Exercise objective
Print this span of the material below exactly: the line with "IsOfCluster (setup_at self.old).geometry", the line with "IsAt s self.new", and every line between them, but nothing else.

-- Data records follows --

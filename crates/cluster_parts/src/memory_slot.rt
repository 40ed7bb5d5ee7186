ghost use Rattle.std.specs.Prelude.{◌≡◌, true, IfOk};
ghost use Rattle.cluster_parts.specs.Slots.{FallsBy};

use crate::delivered::{DownCause, Handled};
use crate::granting::may_grant;
use disk_model::Disk;
use mem_node::{MemNode, NodeFault};
use mini_tx::{Actor, Message, TxId};
use sfs_base::NoMemory;

/// The place of a memory node in a cluster: the memory node, which runs or is down.
#[derive(Drop)]
pub struct MemorySlot<D: Disk> {
    pub(crate) node: MemNode<D>,
    pub(crate) is_down: bool,
}

impl<D: Disk> MemorySlot<D> {
    ghost use Rattle.std.specs.Prelude.{◌<◌, ℕ, List, Some, None, false, is_none};
    ghost use Rattle.link_model.specs.Links.{numbered};
    ghost use Rattle.mini_tx.specs.declared.posted.Posted.{Posted};
    ghost use Rattle.mem_rules.specs.declared.setup.Setup.{Setup};
    ghost use Rattle.mem_rules.specs.Fit.{IsFitMessage, IsOfCluster, IsOfTransactions};
    ghost use Rattle.mem_node.specs.Node.{node_disk_of, setup_of, shut_of};
    ghost use Rattle.gate_log.specs.Log.{end_of};
    ghost use Rattle.mem_node.specs.Node.{log_of};
    ghost use Rattle.story_rules.specs.MemoryNodes.{MemoryNode};
    ghost use Rattle.story_rules.specs.Story.{Up};
    ghost use Rattle.cluster_laws.specs.Reactions.{may_grant};
    ghost use Rattle.mem_rules.specs.Memory.{vote_of};
    ghost use Rattle.cluster_parts.specs.Slots.{Answers, IsAt, RestsAt, is_down_in, node_in, setup_at, site_after, state_at};

    /// The place of a memory node that runs. It takes no memory.
    pub fn new(node: MemNode<D>) -> MemorySlot<D>
        ensures node { node_in result ≡ node }
        ensures up { is_down_in result ≡ false }
    {
        MemorySlot {
            node,
            is_down: false,
        }
    }

    /// Whether it is down. It takes no memory.
    pub fn is_down(&self) -> bool
        ensures { result ≡ is_down_in self.now }
    {
        self.is_down
    }

    /// Its disk. It takes no memory.
    pub fn into_disk(self) -> D
        ensures { result ≡ node_disk_of (node_in self) }
    {
        self.node.stop()
    }

    /// How far the closed gate of its log lies from the log's start, in bytes. It takes no memory.
    pub fn log_bytes(&self) -> u64
        ensures { result ≡ end_of (log_of (node_in self.now)) }
    {
        self.node.log_bytes()
    }

    /// The identifier that a message may make it grant anew. It takes no memory.
    pub fn may_grant(&self, message: &Message) -> Option<TxId>
        requires { IsFitMessage (setup_at self.now) message.now }
        ensures { result ≡ may_grant (state_at self.now) message.now }
    {
        let id = may_grant(message)?;
        if self.is_unvoted(id) { Some(id) } else { None }
    }

    /// Whether it has no vote on an identifier.
    fn is_unvoted(&self, id: TxId) -> bool
        requires { id.coord < (setup_at self.now).geometry.nodes }
        ensures { result ≡ is_none (vote_of (state_at self.now) id) }
    {
        self.node.vote(id).is_none()
    }

    /// What it does with a message, which may be sent to it: its answer leaves only once its entry is safe. It
    /// goes down where its disk fails or its log is full. [`NoMemory`]: there is no memory, or its disk is
    /// starved.
    pub fn handle(&mut self, from: Actor, message: &Message) -> Result<Handled, NoMemory>
        requires sender { IsOfCluster (setup_at self.old).geometry from }
        requires fit { IsFitMessage (setup_at self.old) message.now }
        requires built { IsOfTransactions message.now }
        ensures site { IfOk result (λ handled. (s : Setup) (n : MemoryNode) (k : ℕ) → IsAt s self.old (Up n)
            → IsAt s self.new (site_after k n message.now handled)) }
        ensures answer { IfOk result (λ handled. (s : Setup) (n : MemoryNode) → IsAt s self.old (Up n)
            → Answers n message.now handled) }
        ensures rests { IfOk result (λ handled. (s : Setup) (n : MemoryNode) (k : ℕ) (posted : List Posted) (p : Posted)
            → IsAt s self.old (Up n) → numbered posted k ≡ Some p → p.message ≡ message.now
            → RestsAt D.tells D.history D.health s posted self.old (Up n)
            → RestsAt D.tells D.history D.health s posted self.new (site_after k n message.now handled)) }
    {
        match self.node.handle(from, message) {
            Ok(answer) => Ok(Handled::Answered(answer)),
            Err(fault) => self.fall(fault),
        }
    }

    /// It goes down where its disk failed or its log was full. [`NoMemory`]: there is no memory, or its disk is
    /// starved.
    fn fall(&mut self, fault: NodeFault) -> Result<Handled, NoMemory>
        ensures { IfOk result (λ handled. FallsBy fault handled × (self.new ≡ record self.old { is_down = true })) }
    {
        let cause = cause_of(fault)?;
        if self.node.starved() {
            return Err(NoMemory);
        }
        self.is_down = true;
        Ok(Handled::Fell(cause))
    }
}

/// Why a memory node goes down. [`NoMemory`]: it does not.
fn cause_of(fault: NodeFault) -> Result<DownCause, NoMemory>
    ensures { IfOk result (λ cause. FallsBy fault (Handled.Fell cause)) }
{
    match fault {
        NodeFault::Full => Ok(DownCause::Full),
        NodeFault::Down | NodeFault::Other | NodeFault::Damaged { .. } => Ok(DownCause::Fault),
        NodeFault::NoMemory => Err(NoMemory),
    }
}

-- Data records concluded --

Exercise result
        requires sender { IsOfCluster (setup_at self.old).geometry from }
        requires fit { IsFitMessage (setup_at self.old) message.now }
        requires built { IsOfTransactions message.now }
        ensures site { IfOk result (λ handled. (s : Setup) (n : MemoryNode) (k : ℕ) → IsAt s self.old (Up n)
            → IsAt s self.new (site_after k n message.now handled)) }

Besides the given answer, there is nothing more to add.